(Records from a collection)
=== Begin Enclosure ===

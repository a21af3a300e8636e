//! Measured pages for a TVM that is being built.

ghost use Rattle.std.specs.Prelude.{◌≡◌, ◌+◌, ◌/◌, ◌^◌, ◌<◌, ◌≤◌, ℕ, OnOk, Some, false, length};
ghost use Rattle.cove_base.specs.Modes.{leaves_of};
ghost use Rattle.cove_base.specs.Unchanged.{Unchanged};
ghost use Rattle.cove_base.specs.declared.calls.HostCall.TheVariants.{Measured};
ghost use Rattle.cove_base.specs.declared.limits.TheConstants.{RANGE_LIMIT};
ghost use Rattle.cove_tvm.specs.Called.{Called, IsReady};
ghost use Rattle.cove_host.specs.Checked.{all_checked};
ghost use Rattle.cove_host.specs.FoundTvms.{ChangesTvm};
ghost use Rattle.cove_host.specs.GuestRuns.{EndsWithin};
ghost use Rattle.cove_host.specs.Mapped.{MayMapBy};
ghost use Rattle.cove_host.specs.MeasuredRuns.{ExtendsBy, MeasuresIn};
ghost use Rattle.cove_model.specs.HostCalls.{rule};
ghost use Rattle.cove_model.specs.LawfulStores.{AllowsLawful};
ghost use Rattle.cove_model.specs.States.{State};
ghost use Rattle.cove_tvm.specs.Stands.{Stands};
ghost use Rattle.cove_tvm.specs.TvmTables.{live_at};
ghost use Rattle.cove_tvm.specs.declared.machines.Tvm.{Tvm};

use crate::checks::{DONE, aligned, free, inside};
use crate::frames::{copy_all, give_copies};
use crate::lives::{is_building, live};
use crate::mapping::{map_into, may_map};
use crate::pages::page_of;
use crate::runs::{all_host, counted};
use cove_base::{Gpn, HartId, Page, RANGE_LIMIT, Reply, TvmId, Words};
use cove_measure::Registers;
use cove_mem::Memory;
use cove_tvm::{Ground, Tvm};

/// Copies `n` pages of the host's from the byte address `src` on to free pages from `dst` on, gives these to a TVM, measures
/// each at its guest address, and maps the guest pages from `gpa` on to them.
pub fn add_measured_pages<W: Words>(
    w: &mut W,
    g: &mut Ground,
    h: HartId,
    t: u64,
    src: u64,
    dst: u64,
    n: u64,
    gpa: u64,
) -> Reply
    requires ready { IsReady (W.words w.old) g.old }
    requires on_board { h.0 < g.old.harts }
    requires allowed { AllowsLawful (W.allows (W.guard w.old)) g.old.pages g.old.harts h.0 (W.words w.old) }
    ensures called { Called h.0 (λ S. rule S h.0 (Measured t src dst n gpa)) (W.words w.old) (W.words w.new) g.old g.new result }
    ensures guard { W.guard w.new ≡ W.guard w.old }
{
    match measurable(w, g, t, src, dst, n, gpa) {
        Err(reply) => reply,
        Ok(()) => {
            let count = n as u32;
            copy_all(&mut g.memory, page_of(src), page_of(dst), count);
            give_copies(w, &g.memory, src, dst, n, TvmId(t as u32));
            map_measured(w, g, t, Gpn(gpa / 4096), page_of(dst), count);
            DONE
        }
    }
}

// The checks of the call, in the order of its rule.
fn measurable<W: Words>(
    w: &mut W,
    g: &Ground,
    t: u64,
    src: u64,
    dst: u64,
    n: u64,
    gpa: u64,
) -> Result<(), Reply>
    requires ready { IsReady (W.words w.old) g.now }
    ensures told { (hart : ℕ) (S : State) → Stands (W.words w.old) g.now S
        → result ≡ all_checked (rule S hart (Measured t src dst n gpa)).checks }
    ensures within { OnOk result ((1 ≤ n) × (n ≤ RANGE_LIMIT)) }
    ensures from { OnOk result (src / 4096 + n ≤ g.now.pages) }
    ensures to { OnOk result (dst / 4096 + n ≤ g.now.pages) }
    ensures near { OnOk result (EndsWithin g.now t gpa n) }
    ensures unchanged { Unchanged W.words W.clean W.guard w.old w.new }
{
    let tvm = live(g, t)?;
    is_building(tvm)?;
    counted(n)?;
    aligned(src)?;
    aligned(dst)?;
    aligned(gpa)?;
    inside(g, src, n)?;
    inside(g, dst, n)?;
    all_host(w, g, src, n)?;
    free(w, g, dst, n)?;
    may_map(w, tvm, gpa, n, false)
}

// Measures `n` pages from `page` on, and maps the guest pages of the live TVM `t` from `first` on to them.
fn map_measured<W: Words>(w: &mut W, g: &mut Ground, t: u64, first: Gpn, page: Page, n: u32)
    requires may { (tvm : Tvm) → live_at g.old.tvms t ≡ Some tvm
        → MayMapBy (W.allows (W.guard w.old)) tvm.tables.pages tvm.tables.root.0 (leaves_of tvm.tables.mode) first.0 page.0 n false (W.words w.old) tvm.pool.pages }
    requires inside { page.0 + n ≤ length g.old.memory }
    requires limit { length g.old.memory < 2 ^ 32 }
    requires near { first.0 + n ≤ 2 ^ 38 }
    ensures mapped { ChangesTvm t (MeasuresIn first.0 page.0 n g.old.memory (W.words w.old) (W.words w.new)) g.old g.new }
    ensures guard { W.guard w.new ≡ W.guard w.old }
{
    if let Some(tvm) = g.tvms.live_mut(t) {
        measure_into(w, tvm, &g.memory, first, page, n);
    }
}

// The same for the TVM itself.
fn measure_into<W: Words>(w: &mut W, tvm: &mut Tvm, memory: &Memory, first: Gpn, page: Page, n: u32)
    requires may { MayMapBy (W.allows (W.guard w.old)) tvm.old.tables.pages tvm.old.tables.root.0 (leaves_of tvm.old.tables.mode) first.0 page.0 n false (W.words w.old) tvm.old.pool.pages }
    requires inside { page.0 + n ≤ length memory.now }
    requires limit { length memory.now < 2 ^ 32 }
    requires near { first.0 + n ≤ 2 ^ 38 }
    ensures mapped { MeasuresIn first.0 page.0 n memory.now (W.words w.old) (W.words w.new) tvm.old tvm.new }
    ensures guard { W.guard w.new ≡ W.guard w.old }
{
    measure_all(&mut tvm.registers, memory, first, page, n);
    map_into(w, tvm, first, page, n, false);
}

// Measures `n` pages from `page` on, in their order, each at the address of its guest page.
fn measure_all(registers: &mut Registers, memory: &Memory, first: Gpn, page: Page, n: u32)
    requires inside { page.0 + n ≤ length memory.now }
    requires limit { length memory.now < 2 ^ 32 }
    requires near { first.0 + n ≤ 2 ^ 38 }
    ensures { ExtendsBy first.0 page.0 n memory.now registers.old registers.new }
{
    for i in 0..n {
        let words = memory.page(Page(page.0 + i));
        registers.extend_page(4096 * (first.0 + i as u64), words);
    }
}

=== End Enclosure ===
=== Begin Enclosure ===

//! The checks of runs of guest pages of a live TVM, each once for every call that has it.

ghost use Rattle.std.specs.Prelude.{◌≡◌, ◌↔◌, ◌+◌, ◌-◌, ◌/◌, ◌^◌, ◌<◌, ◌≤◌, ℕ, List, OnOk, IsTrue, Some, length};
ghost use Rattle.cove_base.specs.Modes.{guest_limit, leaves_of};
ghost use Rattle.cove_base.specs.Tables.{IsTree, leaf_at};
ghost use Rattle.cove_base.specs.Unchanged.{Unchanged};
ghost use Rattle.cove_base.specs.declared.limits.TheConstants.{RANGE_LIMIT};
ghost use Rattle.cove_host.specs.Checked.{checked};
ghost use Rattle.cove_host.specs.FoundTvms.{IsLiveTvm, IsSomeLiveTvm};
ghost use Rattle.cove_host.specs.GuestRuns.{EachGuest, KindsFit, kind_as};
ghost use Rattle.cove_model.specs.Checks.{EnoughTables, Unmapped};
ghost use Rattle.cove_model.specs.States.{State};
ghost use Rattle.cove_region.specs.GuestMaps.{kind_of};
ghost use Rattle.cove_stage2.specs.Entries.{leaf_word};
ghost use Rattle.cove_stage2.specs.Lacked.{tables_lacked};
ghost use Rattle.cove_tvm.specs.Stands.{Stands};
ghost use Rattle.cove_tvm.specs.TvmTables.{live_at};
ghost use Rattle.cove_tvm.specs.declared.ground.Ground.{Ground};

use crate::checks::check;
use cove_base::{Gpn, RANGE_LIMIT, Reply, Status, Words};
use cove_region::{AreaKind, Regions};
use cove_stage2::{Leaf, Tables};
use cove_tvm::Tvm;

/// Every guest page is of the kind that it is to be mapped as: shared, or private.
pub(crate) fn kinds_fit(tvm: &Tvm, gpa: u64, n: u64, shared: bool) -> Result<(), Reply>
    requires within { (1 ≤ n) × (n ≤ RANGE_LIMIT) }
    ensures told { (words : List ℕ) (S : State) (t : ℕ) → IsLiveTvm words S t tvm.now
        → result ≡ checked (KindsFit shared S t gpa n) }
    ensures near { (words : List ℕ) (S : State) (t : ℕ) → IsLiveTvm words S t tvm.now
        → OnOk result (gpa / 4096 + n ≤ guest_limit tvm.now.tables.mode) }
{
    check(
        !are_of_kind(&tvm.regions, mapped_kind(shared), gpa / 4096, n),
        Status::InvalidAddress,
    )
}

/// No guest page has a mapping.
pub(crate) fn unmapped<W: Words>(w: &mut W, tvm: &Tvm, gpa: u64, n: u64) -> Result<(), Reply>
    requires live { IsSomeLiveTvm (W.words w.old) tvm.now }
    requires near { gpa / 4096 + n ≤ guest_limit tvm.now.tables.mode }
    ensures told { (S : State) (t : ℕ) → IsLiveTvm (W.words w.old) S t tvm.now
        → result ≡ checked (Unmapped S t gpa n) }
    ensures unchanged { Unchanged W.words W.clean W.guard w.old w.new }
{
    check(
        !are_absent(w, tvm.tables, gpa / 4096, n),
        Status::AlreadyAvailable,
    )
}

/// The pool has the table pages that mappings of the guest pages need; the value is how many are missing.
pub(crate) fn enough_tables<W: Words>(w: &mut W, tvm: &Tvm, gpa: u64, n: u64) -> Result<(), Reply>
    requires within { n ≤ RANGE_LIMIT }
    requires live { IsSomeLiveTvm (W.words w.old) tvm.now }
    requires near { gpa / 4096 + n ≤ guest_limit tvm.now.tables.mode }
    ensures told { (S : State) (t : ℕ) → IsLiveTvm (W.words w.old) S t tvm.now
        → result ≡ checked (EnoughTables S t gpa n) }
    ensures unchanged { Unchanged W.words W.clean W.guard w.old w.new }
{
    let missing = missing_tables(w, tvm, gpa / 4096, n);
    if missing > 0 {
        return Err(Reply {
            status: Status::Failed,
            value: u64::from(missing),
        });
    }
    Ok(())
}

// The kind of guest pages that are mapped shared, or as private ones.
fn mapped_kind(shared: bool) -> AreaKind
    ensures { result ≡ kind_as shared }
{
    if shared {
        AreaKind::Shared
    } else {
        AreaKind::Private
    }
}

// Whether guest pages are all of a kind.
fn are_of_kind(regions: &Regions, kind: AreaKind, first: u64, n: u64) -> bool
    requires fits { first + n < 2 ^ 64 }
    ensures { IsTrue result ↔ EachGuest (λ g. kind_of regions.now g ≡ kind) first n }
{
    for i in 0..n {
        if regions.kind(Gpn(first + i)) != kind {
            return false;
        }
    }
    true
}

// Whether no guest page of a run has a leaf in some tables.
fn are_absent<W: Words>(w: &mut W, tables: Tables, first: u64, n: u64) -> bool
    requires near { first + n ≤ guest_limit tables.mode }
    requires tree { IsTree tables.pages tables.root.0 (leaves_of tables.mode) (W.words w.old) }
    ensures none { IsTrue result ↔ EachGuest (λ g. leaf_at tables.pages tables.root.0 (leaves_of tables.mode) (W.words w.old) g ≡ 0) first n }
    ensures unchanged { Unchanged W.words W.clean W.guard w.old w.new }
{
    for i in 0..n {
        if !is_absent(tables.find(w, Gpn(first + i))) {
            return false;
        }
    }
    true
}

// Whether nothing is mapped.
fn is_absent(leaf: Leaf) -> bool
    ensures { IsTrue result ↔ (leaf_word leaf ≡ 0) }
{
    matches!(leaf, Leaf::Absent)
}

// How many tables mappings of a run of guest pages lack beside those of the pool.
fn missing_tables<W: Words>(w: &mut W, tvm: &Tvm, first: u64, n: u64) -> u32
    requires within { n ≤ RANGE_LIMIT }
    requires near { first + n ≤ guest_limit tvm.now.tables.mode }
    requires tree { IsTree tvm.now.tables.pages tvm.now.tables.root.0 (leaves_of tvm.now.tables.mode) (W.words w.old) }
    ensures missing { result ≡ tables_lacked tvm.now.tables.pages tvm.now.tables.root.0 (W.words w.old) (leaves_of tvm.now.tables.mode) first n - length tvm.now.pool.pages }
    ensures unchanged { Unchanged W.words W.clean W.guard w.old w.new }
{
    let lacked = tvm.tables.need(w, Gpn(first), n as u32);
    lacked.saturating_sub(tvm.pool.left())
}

=== End Enclosure ===

→ **Your instructions**:
The answer must be a single number: the count of lines in the records above that contain the word "root".

→ **Answer below**:
6